### RECORDS SHOWN ###

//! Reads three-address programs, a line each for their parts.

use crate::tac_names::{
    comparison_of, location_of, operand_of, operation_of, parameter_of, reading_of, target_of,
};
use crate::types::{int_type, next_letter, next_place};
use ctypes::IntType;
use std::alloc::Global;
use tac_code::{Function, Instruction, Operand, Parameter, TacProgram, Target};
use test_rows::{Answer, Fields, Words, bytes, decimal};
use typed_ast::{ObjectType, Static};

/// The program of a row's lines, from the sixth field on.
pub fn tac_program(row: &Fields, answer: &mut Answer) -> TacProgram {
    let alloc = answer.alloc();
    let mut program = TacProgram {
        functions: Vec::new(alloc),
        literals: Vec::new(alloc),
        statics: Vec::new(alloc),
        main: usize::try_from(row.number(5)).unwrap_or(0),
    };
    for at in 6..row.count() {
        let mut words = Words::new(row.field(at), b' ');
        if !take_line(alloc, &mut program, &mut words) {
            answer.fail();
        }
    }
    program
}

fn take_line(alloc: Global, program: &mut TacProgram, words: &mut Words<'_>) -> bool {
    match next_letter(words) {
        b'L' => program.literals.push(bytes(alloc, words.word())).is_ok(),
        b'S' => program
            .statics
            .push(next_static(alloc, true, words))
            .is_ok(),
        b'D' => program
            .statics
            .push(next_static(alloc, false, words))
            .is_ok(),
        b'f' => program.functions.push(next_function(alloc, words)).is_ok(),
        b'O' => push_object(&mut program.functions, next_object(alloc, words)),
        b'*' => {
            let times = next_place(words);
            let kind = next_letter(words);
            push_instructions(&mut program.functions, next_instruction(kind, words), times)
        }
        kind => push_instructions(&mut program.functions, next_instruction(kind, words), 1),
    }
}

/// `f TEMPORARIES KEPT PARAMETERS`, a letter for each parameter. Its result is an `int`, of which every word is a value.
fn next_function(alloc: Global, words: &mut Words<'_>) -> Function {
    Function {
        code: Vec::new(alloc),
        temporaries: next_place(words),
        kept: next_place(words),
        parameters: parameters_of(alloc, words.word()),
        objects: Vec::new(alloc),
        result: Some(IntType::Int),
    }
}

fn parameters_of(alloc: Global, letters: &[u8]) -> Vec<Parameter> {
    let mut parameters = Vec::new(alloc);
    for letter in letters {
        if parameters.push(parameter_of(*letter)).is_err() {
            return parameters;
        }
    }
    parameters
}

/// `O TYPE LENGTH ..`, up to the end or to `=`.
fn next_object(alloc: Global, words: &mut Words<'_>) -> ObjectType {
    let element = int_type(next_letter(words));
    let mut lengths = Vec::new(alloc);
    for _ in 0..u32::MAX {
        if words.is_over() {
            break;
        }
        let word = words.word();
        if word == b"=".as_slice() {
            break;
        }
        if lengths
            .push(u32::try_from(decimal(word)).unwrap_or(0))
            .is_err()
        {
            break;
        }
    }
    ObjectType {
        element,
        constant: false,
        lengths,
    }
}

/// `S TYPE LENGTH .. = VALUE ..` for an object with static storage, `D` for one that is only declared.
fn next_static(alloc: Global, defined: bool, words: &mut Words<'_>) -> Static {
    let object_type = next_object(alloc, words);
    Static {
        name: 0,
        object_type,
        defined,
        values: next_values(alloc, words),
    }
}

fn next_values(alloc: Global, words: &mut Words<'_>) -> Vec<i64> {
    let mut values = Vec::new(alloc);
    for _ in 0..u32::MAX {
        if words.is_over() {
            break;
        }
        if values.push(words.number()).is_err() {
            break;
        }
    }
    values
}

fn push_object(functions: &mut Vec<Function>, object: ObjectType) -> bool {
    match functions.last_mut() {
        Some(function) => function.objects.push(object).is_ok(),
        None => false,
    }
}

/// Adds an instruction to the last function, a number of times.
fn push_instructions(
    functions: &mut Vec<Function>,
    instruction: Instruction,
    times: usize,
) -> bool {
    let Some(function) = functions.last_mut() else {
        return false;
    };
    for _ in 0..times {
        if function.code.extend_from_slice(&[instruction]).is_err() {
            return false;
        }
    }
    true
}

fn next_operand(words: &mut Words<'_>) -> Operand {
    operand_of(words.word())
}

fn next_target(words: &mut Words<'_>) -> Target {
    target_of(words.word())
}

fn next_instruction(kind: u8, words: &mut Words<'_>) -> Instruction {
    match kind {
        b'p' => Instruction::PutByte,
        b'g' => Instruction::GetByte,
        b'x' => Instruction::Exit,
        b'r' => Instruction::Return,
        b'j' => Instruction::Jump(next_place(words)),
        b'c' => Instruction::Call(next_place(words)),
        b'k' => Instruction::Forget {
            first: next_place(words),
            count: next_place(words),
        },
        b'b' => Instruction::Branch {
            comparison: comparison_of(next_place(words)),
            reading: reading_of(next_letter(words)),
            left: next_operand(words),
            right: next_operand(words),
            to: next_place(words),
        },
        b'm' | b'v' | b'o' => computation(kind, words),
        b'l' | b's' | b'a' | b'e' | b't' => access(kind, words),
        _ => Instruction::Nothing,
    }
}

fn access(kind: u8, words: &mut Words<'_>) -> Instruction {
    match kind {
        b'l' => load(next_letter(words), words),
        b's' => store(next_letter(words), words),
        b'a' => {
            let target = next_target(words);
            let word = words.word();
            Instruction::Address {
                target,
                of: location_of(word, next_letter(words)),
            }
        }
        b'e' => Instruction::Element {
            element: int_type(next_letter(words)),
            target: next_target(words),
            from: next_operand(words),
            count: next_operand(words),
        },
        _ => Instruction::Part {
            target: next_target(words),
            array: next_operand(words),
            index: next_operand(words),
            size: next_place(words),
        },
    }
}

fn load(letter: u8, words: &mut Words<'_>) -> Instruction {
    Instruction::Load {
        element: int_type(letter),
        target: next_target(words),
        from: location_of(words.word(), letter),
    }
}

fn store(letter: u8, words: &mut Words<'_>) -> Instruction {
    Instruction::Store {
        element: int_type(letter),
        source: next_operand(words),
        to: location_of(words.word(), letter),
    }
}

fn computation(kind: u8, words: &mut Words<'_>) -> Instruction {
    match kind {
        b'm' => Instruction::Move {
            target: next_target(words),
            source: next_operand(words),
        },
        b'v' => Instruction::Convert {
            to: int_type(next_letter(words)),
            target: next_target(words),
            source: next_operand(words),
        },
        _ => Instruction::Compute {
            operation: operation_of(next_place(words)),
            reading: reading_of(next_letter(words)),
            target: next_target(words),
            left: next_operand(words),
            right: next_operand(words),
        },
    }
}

###

### YOUR ASSIGNMENT
Only the lines with "count" are needed; find them in the records and copy each one.

### SOLUTION FOR THIS EXERCISE
    for at in 6..row.count() {
            count: next_place(words),
            count: next_operand(words),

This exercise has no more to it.